-------- Input data
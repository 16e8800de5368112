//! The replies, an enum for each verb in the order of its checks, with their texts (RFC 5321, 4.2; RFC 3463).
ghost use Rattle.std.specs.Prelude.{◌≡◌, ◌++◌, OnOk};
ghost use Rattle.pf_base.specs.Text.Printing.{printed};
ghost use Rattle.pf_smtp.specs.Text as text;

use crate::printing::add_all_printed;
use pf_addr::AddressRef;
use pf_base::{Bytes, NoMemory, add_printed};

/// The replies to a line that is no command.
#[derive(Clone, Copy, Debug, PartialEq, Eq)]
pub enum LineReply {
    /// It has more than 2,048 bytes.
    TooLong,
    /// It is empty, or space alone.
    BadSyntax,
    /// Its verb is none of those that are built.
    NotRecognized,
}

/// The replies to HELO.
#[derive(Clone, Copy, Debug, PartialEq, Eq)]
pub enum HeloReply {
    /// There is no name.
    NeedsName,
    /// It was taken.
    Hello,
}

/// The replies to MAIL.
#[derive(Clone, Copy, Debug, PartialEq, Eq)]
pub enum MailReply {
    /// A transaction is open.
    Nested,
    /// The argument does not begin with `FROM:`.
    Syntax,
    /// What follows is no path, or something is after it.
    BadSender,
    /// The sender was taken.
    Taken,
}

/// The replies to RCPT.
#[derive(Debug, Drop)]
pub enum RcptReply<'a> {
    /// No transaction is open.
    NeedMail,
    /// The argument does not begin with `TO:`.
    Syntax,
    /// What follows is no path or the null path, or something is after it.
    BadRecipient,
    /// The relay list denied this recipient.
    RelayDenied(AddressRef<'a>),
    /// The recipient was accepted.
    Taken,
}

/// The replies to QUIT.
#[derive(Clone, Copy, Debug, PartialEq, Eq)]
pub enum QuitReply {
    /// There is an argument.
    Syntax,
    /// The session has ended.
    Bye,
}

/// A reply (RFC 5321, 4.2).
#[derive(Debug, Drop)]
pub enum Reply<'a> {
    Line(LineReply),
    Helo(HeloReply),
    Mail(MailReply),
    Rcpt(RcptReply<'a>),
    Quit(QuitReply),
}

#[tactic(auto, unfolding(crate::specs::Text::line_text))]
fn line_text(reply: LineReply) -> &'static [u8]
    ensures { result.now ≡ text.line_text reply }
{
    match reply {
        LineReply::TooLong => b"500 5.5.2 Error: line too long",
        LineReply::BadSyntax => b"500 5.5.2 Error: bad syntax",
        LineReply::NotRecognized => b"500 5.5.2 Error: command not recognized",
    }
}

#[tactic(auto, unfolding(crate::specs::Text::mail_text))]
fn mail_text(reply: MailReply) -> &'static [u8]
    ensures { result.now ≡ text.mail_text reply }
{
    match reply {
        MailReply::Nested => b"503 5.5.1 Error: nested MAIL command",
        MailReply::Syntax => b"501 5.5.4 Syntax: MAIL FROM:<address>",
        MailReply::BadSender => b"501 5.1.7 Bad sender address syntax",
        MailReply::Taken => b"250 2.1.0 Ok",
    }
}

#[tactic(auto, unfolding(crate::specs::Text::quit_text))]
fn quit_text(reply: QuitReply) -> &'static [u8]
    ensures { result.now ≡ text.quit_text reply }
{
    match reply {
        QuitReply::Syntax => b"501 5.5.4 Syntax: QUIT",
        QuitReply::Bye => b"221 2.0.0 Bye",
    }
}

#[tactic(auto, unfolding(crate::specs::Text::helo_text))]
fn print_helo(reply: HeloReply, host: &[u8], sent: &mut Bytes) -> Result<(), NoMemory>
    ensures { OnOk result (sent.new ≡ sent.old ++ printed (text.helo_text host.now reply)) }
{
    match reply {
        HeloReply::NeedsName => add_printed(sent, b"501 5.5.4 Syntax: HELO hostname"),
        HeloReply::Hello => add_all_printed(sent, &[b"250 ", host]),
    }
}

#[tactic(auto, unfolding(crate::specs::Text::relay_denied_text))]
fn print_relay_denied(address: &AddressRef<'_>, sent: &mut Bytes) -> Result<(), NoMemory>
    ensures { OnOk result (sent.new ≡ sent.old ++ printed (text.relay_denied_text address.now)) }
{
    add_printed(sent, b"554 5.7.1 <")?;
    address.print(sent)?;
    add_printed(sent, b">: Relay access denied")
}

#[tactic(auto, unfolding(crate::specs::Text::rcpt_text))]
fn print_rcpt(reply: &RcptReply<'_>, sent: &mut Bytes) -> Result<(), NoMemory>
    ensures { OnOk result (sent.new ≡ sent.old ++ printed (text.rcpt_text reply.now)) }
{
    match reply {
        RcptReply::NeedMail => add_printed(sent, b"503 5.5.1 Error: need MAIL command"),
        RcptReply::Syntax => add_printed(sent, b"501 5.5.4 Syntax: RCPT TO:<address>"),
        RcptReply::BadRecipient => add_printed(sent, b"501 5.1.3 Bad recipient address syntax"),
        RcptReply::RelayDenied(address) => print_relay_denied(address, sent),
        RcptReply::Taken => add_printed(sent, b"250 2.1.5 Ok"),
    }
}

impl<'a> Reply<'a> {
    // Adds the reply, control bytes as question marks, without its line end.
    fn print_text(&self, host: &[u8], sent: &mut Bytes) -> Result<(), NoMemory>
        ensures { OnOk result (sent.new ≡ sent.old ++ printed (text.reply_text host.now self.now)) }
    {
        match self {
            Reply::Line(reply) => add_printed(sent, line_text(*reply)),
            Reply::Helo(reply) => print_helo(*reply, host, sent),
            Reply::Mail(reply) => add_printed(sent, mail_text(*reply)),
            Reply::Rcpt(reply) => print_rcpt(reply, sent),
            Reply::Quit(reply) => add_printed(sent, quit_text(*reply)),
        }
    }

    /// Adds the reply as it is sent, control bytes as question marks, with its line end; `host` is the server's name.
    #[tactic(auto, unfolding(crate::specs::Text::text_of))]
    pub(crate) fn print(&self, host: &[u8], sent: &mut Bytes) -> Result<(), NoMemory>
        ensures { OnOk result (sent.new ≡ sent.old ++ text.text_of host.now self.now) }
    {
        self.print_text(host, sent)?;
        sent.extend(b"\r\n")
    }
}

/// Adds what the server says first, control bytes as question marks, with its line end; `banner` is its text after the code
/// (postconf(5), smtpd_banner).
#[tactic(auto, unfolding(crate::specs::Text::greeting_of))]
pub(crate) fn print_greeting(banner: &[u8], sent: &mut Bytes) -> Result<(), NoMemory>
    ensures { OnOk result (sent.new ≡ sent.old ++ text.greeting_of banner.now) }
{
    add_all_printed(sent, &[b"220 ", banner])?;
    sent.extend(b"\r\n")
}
----------------
-------- Input data
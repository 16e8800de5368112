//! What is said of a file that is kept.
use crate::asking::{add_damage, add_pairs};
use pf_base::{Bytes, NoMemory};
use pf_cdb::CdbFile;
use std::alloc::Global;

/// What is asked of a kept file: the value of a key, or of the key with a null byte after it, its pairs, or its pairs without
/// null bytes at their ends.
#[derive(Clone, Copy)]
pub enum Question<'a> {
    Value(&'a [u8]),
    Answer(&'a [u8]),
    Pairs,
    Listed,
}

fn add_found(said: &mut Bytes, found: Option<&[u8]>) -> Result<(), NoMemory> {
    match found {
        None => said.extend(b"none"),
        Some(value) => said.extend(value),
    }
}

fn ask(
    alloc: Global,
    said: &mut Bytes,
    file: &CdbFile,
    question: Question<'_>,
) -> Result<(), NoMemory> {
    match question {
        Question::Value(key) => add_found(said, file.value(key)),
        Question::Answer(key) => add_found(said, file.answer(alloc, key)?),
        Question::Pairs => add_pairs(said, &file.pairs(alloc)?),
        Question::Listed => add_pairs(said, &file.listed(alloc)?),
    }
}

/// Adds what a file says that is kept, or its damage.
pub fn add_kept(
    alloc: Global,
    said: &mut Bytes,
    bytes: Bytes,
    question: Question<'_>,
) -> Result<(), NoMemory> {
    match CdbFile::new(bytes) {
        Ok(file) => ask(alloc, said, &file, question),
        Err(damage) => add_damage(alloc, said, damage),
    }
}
----------------
-------- Input data
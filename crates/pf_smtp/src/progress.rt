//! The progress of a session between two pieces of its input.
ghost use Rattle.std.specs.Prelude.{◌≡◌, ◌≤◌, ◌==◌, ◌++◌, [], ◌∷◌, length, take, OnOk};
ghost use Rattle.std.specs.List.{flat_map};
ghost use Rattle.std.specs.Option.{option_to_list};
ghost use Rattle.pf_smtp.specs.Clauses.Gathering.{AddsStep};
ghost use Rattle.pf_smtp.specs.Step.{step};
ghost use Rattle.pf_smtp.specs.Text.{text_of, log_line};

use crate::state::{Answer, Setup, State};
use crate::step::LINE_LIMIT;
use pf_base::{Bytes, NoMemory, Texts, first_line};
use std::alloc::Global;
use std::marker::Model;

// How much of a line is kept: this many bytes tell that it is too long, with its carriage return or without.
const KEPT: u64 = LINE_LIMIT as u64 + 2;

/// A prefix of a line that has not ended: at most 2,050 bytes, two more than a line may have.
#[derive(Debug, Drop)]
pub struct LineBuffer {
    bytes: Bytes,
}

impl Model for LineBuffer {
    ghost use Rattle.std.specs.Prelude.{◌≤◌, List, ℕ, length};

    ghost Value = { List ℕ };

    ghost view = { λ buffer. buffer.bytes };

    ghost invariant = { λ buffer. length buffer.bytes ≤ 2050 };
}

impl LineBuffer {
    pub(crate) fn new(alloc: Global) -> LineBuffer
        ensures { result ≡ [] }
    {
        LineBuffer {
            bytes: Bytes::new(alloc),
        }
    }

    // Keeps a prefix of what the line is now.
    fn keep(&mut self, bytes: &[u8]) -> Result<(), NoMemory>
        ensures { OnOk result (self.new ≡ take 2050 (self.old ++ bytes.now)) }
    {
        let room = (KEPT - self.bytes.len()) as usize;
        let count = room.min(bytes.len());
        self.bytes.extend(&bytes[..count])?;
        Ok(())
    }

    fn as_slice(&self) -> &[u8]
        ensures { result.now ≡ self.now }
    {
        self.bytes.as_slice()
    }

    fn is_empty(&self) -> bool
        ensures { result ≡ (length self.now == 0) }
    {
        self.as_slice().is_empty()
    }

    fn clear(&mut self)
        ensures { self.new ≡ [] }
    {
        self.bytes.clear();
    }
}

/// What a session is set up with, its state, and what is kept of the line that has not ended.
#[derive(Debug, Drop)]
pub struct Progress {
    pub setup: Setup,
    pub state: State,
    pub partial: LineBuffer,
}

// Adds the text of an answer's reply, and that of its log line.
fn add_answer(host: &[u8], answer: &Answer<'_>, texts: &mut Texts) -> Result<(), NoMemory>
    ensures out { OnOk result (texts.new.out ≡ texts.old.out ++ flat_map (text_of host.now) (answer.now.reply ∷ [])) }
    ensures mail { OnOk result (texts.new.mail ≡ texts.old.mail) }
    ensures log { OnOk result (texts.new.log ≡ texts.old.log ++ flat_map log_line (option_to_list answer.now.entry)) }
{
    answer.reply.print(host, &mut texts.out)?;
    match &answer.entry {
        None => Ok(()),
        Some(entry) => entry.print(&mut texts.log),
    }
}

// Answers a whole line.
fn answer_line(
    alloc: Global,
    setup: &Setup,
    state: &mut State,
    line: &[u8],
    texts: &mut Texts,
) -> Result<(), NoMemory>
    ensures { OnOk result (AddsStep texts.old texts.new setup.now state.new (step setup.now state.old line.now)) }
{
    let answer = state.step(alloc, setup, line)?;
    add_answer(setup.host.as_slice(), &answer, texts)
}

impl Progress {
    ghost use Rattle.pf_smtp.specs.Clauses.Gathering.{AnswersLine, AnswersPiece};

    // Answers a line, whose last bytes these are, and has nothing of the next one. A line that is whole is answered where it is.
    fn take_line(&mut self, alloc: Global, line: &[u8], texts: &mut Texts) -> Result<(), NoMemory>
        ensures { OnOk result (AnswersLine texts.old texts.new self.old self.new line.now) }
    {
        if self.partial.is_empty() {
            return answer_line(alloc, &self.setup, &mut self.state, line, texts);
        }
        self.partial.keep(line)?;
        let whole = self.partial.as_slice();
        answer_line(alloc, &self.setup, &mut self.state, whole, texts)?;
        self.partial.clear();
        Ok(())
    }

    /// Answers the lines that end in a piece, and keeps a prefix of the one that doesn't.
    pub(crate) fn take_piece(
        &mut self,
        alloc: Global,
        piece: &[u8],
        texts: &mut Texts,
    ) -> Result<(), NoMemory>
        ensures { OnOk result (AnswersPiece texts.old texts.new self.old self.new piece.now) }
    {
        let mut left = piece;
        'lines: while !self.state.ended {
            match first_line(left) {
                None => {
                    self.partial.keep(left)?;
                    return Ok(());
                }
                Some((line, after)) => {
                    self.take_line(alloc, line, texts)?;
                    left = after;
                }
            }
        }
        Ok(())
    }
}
----------------
§ The task
Only lines that contain the string "BadRecipient" count; pick each one out of the records and copy it.

§ Task output
    BadRecipient,
        RcptReply::BadRecipient => add_printed(sent, b"501 5.1.3 Bad recipient address syntax"),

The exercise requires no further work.